Некоторое время она обходится голым словом: «жить / стало / тошно // слов нет». Но затем на смену почти бессловесному отчаянию приходит анализ: Лукомников реагирует на новые штампы и эвфемизмы («Разговоры о войне – / Это аберрация. / В братской дружеской стране / Идет спецоперация»; «Если долго говорить, / Что, мол, можем повторить, / Все, как говорится, / Может повториться»). Не обходится без инвектив в сторону «нашего пахана» и его присных, без рефлексии на тему русской классики, ее ответственности, ее использования в качестве ширмы: «луч света в темном царстве / разрезал всех на части», или:

Сто старушек замочу — Покаяньем заплачу. Заплачý-заплáчу… Чувств своих не прячу!!!

Читатель, хорошо знакомый со стихами Лукомникова, может заметить, что его новые тексты часто избегают привычной филиграни.

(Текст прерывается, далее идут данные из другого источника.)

//! Scales: transactions are laid on them one after the other, to be completed and to be judged.
ghost use Rattle.std.specs.Prelude as prelude;
ghost use Rattle.bean_interp.specs.Evened.{CompletionBalances};
ghost use Rattle.std.specs.Prelude.{◌≡◌, ◌∷◌, ◌++◌, ◌<◌, [], ℕ, Err, IfOk, IsTrue, OnOk};
ghost use Rattle.std.specs.Prelude.{length, true};
ghost use Rattle.std.specs.List.{list_all};
ghost use Rattle.bean_interp.specs.Lacking.{is_whole};

use crate::cause::{CompletionCause, WeighCause, completion_refusal};
use crate::due::number_due;
use crate::fill::Fill;
use crate::lacks::lack_too_much;
use crate::leg::Leg;
use crate::precision::{Precisions, half_unit};
use crate::sums::Sums;
use bean_base::{Amount, Currency, List};
use refusals::Refusal;
use std::alloc::{AllocError, Global};

/// What the legs of one transaction weigh together, and the decimals to which it is exact.
///
/// They are used again for the next transaction, so that weighing takes no memory in the long run.
pub struct Scales<'a> {
    pub sums: Sums<'a>,
    pub precisions: Precisions<'a>,
}

/// Written out, so that what gives one up needs to know nothing of what is in it.
impl Drop for Scales<'_> {
    fn drop(self) {
        let Scales {
            sums: _,
            precisions: _,
        } = self;
    }
}

/// Whether no leg lacks anything.
fn are_whole(legs: &[Leg<'_>]) -> bool
    ensures { result ≡ list_all is_whole legs.now }
{
    legs.iter().all(|leg| matches!(leg, Leg::Whole(_)))
}

impl<'a> Scales<'a> {
    ghost use Rattle.bean_interp.specs.Balance.{come_to_zero, is_balanced, is_even};
    ghost use Rattle.bean_interp.specs.Completion.{CanBeFilled, Completes, gaps, gaps_of};
    ghost use Rattle.bean_interp.specs.Filling.{AreFilled, HaveNumbers, all_currencies};
    ghost use Rattle.bean_interp.specs.Filling.{currency_at, gaps_in};
    ghost use Rattle.bean_interp.specs.Residual.{AreInRange};
    ghost use Rattle.bean_interp.specs.Scales.{AreNoted, AreSet, AreWeighed, GivesFill, HasNoFill};
    ghost use Rattle.bean_interp.specs.Weight.{IsOfUnits};
    ghost use Rattle.bean_interp.specs.declared.leg.Leg.{Leg};
    ghost use Rattle.bean_interp.specs.declared.leg.Leg.TheVariants as leg;
    ghost use Rattle.bean_interp.specs.declared.leg.Whole.{Whole};

    /// Scales with nothing on them. Takes no memory.
    pub fn new(alloc: Global) -> Scales<'a>
        ensures sums { result.sums ≡ [] }
        ensures precisions { result.precisions ≡ [] }
    {
        Scales {
            sums: Sums::new(alloc),
            precisions: Precisions::new(alloc),
        }
    }

    /// Takes all legs off the scales.
    pub fn clear(&mut self)
        ensures weighed { AreWeighed self.new [] }
        ensures noted { AreNoted self.new [] }
    {
        self.sums.clear();
        self.precisions.clear();
    }

    /// Lays one more leg on the scales. Its decimals aren't noted.
    pub fn add(&mut self, leg: &Leg<'a>) -> Result<(), Refusal<WeighCause>>
        ensures weighed { OnOk result ((legs : prelude.List Leg) → AreWeighed self.old legs
            → AreWeighed self.new (legs ++ leg.now ∷ [])) }
        ensures noted { (legs : prelude.List Leg) → AreNoted self.old legs
            → AreNoted self.new legs }
        ensures wide { result ≡ Err (Refusal.Refused WeighCause.TooWide)
            → (legs later : prelude.List Leg) → AreWeighed self.old legs
            → ¬ AreInRange (legs ++ leg.now ∷ later) }
    {
        self.sums.add_leg(leg)
    }

    /// The same for a leg of units that are worth themselves.
    pub fn add_units(&mut self, units: &Amount<'a>) -> Result<(), Refusal<WeighCause>>
        ensures weighed { (w : Whole) → IsOfUnits units.now w
            → OnOk result ((legs : prelude.List Leg) → AreWeighed self.old legs
            → AreWeighed self.new (legs ++ leg.Whole w ∷ [])) }
        ensures noted { (legs : prelude.List Leg) → AreNoted self.old legs
            → AreNoted self.new legs }
        ensures wide { result ≡ Err (Refusal.Refused WeighCause.TooWide)
            → (w : Whole) → IsOfUnits units.now w → (legs later : prelude.List Leg)
            → AreWeighed self.old legs → ¬ AreInRange (legs ++ leg.Whole w ∷ later) }
    {
        self.sums.add_units(units)
    }

    /// Notes the decimals that are written in one more leg.
    pub fn note(&mut self, leg: &Leg<'a>) -> Result<(), AllocError>
        ensures noted { OnOk result ((legs : prelude.List Leg) → AreNoted self.old legs
            → AreNoted self.new (legs ++ leg.now ∷ [])) }
        ensures weighed { (legs : prelude.List Leg) → AreWeighed self.old legs
            → AreWeighed self.new legs }
    {
        self.precisions.note_leg(leg)
    }

    /// Whether the legs on the scales come to 0 in every currency. Such a transaction balances,
    /// whatever decimals are written.
    pub fn are_zero(&self) -> bool
        ensures exact { (legs : prelude.List Leg) → AreWeighed self.now legs
            → result ≡ come_to_zero legs }
        ensures balanced { IsTrue result → (legs : prelude.List Leg) → AreWeighed self.now legs
            → is_balanced legs ≡ true }
    {
        self.sums.are_zero()
    }

    /// Lays the legs of a transaction on the scales, in place of those that were there.
    pub fn set(&mut self, legs: &[Leg<'a>]) -> Result<(), Refusal<WeighCause>>
        ensures set { OnOk result (AreSet self.new legs.now) }
        ensures wide { result ≡ Err (Refusal.Refused WeighCause.TooWide) → ¬ AreInRange legs.now }
    {
        self.precisions.read(legs)?;
        self.sums.weigh(legs)
    }

    /// What a leg takes of a currency.
    fn fill(&self, leg: usize, currency: &Currency<'a>) -> Result<Fill<'a>, Refusal<WeighCause>>
        ensures { (legs : prelude.List Leg) → AreSet self.now legs
            → GivesFill legs leg currency.now result }
    {
        match number_due(self.precisions.of(currency), self.sums.of(currency)) {
            Ok(number) => Ok(Fill {
                leg,
                amount: Amount {
                    number,
                    currency: currency.lend(),
                },
            }),
            Err(_) => Err(Refusal::Refused(WeighCause::TooWide)),
        }
    }

    /// Adds what a leg takes of a currency.
    fn fill_one(
        &self,
        leg: usize,
        currency: &Currency<'a>,
        fills: &mut Vec<Fill<'a>>,
    ) -> Result<(), Refusal<WeighCause>>
        ensures filled { (legs : prelude.List Leg) → AreSet self.now legs
            → OnOk result (AreFilled legs ((leg, currency.now) ∷ [])
            fills.old.items fills.new.items) }
        ensures none { (legs : prelude.List Leg) → AreSet self.now legs
            → result ≡ Err (Refusal.Refused WeighCause.TooWide) → HasNoFill legs currency.now }
    {
        match self.fill(leg, currency) {
            Ok(fill) => {
                fills.push(fill)?;
                Ok(())
            }
            Err(fault) => Err(fault),
        }
    }

    /// Adds what a leg takes of the currency at an index, where that lacks something.
    fn fill_at(
        &self,
        leg: usize,
        index: usize,
        fills: &mut Vec<Fill<'a>>,
    ) -> Result<(), Refusal<WeighCause>>
        requires { index < length self.now.sums }
        ensures filled { (legs : prelude.List Leg) (d : prelude.List ℕ) → AreSet self.now legs
            → OnOk result (AreFilled legs (gaps_in legs leg (currency_at legs index d ∷ []))
            fills.old.items fills.new.items) }
        ensures none { (legs : prelude.List Leg) (d : prelude.List ℕ) → AreSet self.now legs
            → result ≡ Err (Refusal.Refused WeighCause.TooWide)
            → ¬ HaveNumbers legs (gaps_in legs leg (currency_at legs index d ∷ [])) }
    {
        let (currency, sum) = self.sums.at(index);
        if sum == 0 {
            return Ok(());
        }
        self.fill_one(leg, currency, fills)
    }

    /// Adds what a leg takes of each currency that lacks something, in order of first appearance.
    fn fill_lacking(&self, leg: usize, fills: &mut Vec<Fill<'a>>) -> Result<(), Refusal<WeighCause>>
        ensures filled { (legs : prelude.List Leg) → AreSet self.now legs
            → OnOk result (AreFilled legs (gaps_in legs leg (all_currencies legs))
            fills.old.items fills.new.items) }
        ensures none { (legs : prelude.List Leg) → AreSet self.now legs
            → result ≡ Err (Refusal.Refused WeighCause.TooWide)
            → ¬ HaveNumbers legs (gaps_in legs leg (all_currencies legs)) }
    {
        for index in 0..self.sums.len() {
            match self.fill_at(leg, index, fills) {
                Ok(()) => {}
                Err(fault) => return Err(fault),
            }
        }
        Ok(())
    }

    /// Adds what a leg of the transaction on the scales takes.
    fn fill_leg(
        &self,
        number: usize,
        leg: &Leg<'a>,
        fills: &mut Vec<Fill<'a>>,
    ) -> Result<(), Refusal<WeighCause>>
        ensures filled { (legs : prelude.List Leg) → AreSet self.now legs
            → OnOk result (AreFilled legs (gaps_of legs number leg.now)
            fills.old.items fills.new.items) }
        ensures none { (legs : prelude.List Leg) → AreSet self.now legs
            → result ≡ Err (Refusal.Refused WeighCause.TooWide)
            → ¬ HaveNumbers legs (gaps_of legs number leg.now) }
    {
        match leg {
            Leg::Whole(_) => Ok(()),
            Leg::MissingNumber(currency) => self.fill_one(number, currency, fills),
            Leg::MissingAmount => self.fill_lacking(number, fills),
        }
    }

    /// Adds what the legs on the scales take.
    fn fill_all(
        &self,
        legs: &[Leg<'a>],
        fills: &mut Vec<Fill<'a>>,
    ) -> Result<(), Refusal<WeighCause>>
        requires { AreSet self.now legs.now }
        ensures filled { OnOk result
            (AreFilled legs.now (gaps legs.now) fills.old.items fills.new.items) }
        ensures none { result ≡ Err (Refusal.Refused WeighCause.TooWide) → ¬ CanBeFilled legs.now }
    {
        for number in 0..legs.len() {
            match self.fill_leg(number, &legs[number], fills) {
                Ok(()) => {}
                Err(fault) => return Err(fault),
            }
        }
        Ok(())
    }

    /// Weighs legs that lack nothing, as most do: their decimals aren't looked at.
    fn weigh_whole(
        &mut self,
        alloc: Global,
        legs: &[Leg<'a>],
    ) -> Result<List<Fill<'a>>, Refusal<CompletionCause>>
        requires { list_all is_whole legs.now ≡ true }
        ensures { Completes legs.now result }
    {
        match self.sums.weigh(legs) {
            Ok(()) => Ok(List::new(Vec::new(alloc))),
            Err(fault) => Err(completion_refusal(fault)),
        }
    }

    /// What the legs of a transaction take that lack something: a leg that lacks its number takes
    /// what its currency lacks, and one that lacks its amount takes what each currency lacks, in
    /// order of first appearance.
    pub fn complete(
        &mut self,
        alloc: Global,
        legs: &[Leg<'a>],
    ) -> Result<List<Fill<'a>>, Refusal<CompletionCause>>
        ensures { Completes legs.now result }
    {
        if are_whole(legs) {
            return self.weigh_whole(alloc, legs);
        }
        if lack_too_much(alloc, legs)? {
            return Err(Refusal::Refused(CompletionCause::LackTooMuch));
        }
        if let Err(fault) = self.set(legs) {
            return Err(completion_refusal(fault));
        }
        let mut fills = Vec::new(alloc);
        match self.fill_all(legs, &mut fills) {
            Ok(()) => Ok(List::new(fills)),
            Err(fault) => Err(completion_refusal(fault)),
        }
    }

    /// What a last leg takes that lacks its amount, behind so many legs that lack nothing: these lie on
    /// the scales, and their decimals are noted.
    pub fn fill_last(
        &self,
        alloc: Global,
        last: usize,
    ) -> Result<List<Fill<'a>>, Refusal<CompletionCause>>
        ensures { (legs : prelude.List Leg) → list_all is_whole legs ≡ true → length legs ≡ last
            → AreSet self.now legs → Completes (legs ++ leg.MissingAmount ∷ []) result }
    {
        // Most lack one currency.
        let mut fills = Vec::with_capacity(alloc, 1)?;
        match self.fill_lacking(last, &mut fills) {
            Ok(()) => Ok(List::new(fills)),
            Err(fault) => Err(completion_refusal(fault)),
        }
    }

    /// Whether the sum at an index is no more than the tolerance of its currency.
    fn is_even_at(&self, index: usize) -> bool
        requires { index < length self.now.sums }
        ensures { (legs : prelude.List Leg) (d : prelude.List ℕ) → AreSet self.now legs
            → result ≡ is_even legs (currency_at legs index d) }
    {
        let (currency, sum) = self.sums.at(index);
        sum.unsigned_abs() <= half_unit(self.precisions.of(currency))
    }

    /// Whether the transaction on the scales balances, whose decimals are noted: in each currency
    /// its weights sum to no more than the tolerance, which is half a unit of the last decimal that
    /// is written for it, and 0 without decimals. What legs lack is left aside.
    pub fn are_even(&self) -> bool
        ensures { (legs : prelude.List Leg) → AreSet self.now legs → result ≡ is_balanced legs }
    {
        for index in 0..self.sums.len() {
            if !self.is_even_at(index) {
                return false;
            }
        }
        true
    }
}

/// What completion fills in balances the transaction in every currency that was filled.
pub fn completion_balances()
    ensures { CompletionBalances }
{}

Но это кажется естественным в ситуации, когда поэт пытается одновременно сконструировать чужую или коллективную идентичность и переживает утрату собственной: «Был я гений и талант / Эти вехи пройдены / Стал российский оккупант / И предатель Родины». Поэт оказывается не человеком, а перекрестком жестоких оценок. Это тяжелое положение, тут не до кунштюков, а те формулы, что все-таки удается найти, произносятся как единственно возможные. «Двадцатые / проклятые» – не такая богатая рифма, как «сороковые, роковые», но точная вне стиховедческой терминологии.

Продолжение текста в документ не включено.